Return each line of the material below exactly. Begin at the first and end on the line with "pub(crate) fn site(&self, class: usize)".

Source data Block Start

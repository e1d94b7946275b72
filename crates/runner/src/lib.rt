// The run of a table: of an accepted one from an accepted start, and of whatever is lent.
#![tactic(auto)]

pub mod accepted;
pub mod entry;
pub mod numbers;

use running::Ending;

// What a run gives back: how it ended, the ticks it took, how many entries the log has, and the next address.
#[derive(Clone, Copy)]
pub struct Outcome {
    pub ending: Ending,
    pub ticks: u32,
    pub count: u64,
    pub next: u64,
}
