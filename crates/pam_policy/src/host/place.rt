//! The places of a host, of which rules speak.

ghost use Rattle.std.specs.Prelude.{◌≡◌, IfSome, Some};
ghost use Rattle.std.specs.Option.{option_map};
ghost use Rattle.pam_facts.specs.Kinds.{has_kind};
ghost use Rattle.pam_text.specs.Members.{Member};
ghost use Rattle.pam_policy.specs.host.Places.{place_view, speaks_of};
ghost use Rattle.pam_policy.specs.host.Stacks.{known_site, site_of, stacks_view};
ghost use Rattle.pam_policy.specs.text.Rules.{rule_view};

use crate::rules::Site;
use crate::text::Rule;
use pam_conf::Kind;
use pam_facts::Kinds;

/// The stack of a service for a kind.
#[derive(Clone, Copy)]
pub struct Place<'a> {
    pub service: &'a [u8],
    pub kind: Kind,
    /// The index of its class. Stacks of a kind with the same items and the same answers have one.
    pub class: usize,
}

/// The stacks of a host.
#[derive(Clone, Copy)]
pub struct Stacks<'a, 'f> {
    pub places: &'a [Place<'a>],
    /// Where rules are judged for each class; `None` where the stack is refused, or its runs are too many.
    pub classes: &'a [Option<Site<'a, 'f>>],
}

fn has_kind(kinds: Kinds, kind: Kind) -> bool
    ensures { result ≡ has_kind kind kinds }
{
    match kind {
        Kind::Auth => kinds.auth,
        Kind::Account => kinds.account,
        Kind::Password => kinds.password,
        Kind::Session => kinds.session,
    }
}

/// Whether a rule is about the stack at a place.
pub(crate) fn speaks_of(rule: &Rule<'_>, place: &Place<'_>) -> bool
    ensures { result ≡ speaks_of (rule_view rule.now) (place_view place.now) }
{
    rule.fits(place.service) && has_kind(rule.kinds, place.kind)
}

impl<'a, 'f> Stacks<'a, 'f> {
    /// Where rules are judged for a class, if anything is known of it.
    pub(crate) fn site(&self, class: usize) -> Option<&'a Site<'a, 'f>>
        ensures known { option_map (λ site. known_site site.now) result ≡ site_of (stacks_view self.now) class }
        ensures there { IfSome result (λ site. Member (Some site.now) self.now.classes.now) }
    {
        match self.classes.get(class) {
            Some(site) => site.as_ref(),
            None => None,
        }
    }
}
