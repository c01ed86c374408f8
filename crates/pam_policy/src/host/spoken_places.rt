//! The places of which rules speak, each once.

ghost use Rattle.std.specs.Prelude.{◌≡◌, [], OnOk, fold, length};
ghost use Rattle.pam_policy.specs.host.Places.{with_class};
ghost use Rattle.pam_policy.specs.host.Told.{with_places};

use crate::host::report::RuleReport;
use indexmap::IndexSet;
use std::alloc::{AllocError, Global};
use std::marker::Model;

/// Adds positions to a set.
fn add_each(positions: &mut IndexSet<usize>, more: &[usize]) -> Result<(), AllocError>
    ensures { OnOk result (positions.new.keys ≡ fold with_class positions.old.keys more.now) }
{
    for position in more {
        positions.insert(*position)?;
    }
    Ok(())
}

/// The positions of the places of which some rules speak, each once.
#[derive(Drop)]
pub struct SpokenPlaces {
    places: IndexSet<usize>,
}

/// Seen as the positions, in the order in which they are met.
impl Model for SpokenPlaces {
    ghost use Rattle.std.specs.Prelude.{ℕ, List};

    ghost Value = { List ℕ };

    ghost view = { λ spoken. spoken.places.keys };
}

impl SpokenPlaces {
    /// No place.
    pub fn new(alloc: Global) -> SpokenPlaces
        ensures { result ≡ [] }
    {
        SpokenPlaces {
            places: IndexSet::new(alloc),
        }
    }

    /// Adds the places of which a rule speaks. Takes time linear in these.
    #[tactic(auto, unfolding(crate::specs::host::Told::with_places))]
    pub fn add(&mut self, report: &RuleReport) -> Result<(), AllocError>
        ensures { OnOk result (self.new ≡ with_places self.old report.now) }
    {
        add_each(&mut self.places, &report.places)
    }

    /// How many places they are.
    pub fn count(&self) -> usize
        ensures { result ≡ length self.now }
    {
        self.places.len()
    }
}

Source data Block End

- Written answer
repository e1d94b7946275b72
filename crates/runner/src/lib.rt
// The run of a table: of an accepted one from an accepted start, and of whatever is lent.
#![tactic(auto)]

pub mod accepted;
pub mod entry;
pub mod numbers;

use running::Ending;

// What a run gives back: how it ended, the ticks it took, how many entries the log has, and the next address.
#[derive(Clone, Copy)]
pub struct Outcome {
    pub ending: Ending,
    pub ticks: u32,
    pub count: u64,
    pub next: u64,
}
filename crates/pam_policy/src/host/place.rt
//! The places of a host, of which rules speak.

ghost use Rattle.std.specs.Prelude.{◌≡◌, IfSome, Some};
ghost use Rattle.std.specs.Option.{option_map};
ghost use Rattle.pam_facts.specs.Kinds.{has_kind};
ghost use Rattle.pam_text.specs.Members.{Member};
ghost use Rattle.pam_policy.specs.host.Places.{place_view, speaks_of};
ghost use Rattle.pam_policy.specs.host.Stacks.{known_site, site_of, stacks_view};
ghost use Rattle.pam_policy.specs.text.Rules.{rule_view};

use crate::rules::Site;
use crate::text::Rule;
use pam_conf::Kind;
use pam_facts::Kinds;

/// The stack of a service for a kind.
#[derive(Clone, Copy)]
pub struct Place<'a> {
    pub service: &'a [u8],
    pub kind: Kind,
    /// The index of its class. Stacks of a kind with the same items and the same answers have one.
    pub class: usize,
}

/// The stacks of a host.
#[derive(Clone, Copy)]
pub struct Stacks<'a, 'f> {
    pub places: &'a [Place<'a>],
    /// Where rules are judged for each class; `None` where the stack is refused, or its runs are too many.
    pub classes: &'a [Option<Site<'a, 'f>>],
}

fn has_kind(kinds: Kinds, kind: Kind) -> bool
    ensures { result ≡ has_kind kind kinds }
{
    match kind {
        Kind::Auth => kinds.auth,
        Kind::Account => kinds.account,
        Kind::Password => kinds.password,
        Kind::Session => kinds.session,
    }
}

/// Whether a rule is about the stack at a place.
pub(crate) fn speaks_of(rule: &Rule<'_>, place: &Place<'_>) -> bool
    ensures { result ≡ speaks_of (rule_view rule.now) (place_view place.now) }
{
    rule.fits(place.service) && has_kind(rule.kinds, place.kind)
}

impl<'a, 'f> Stacks<'a, 'f> {
    /// Where rules are judged for a class, if anything is known of it.
    pub(crate) fn site(&self, class: usize) -> Option<&'a Site<'a, 'f>>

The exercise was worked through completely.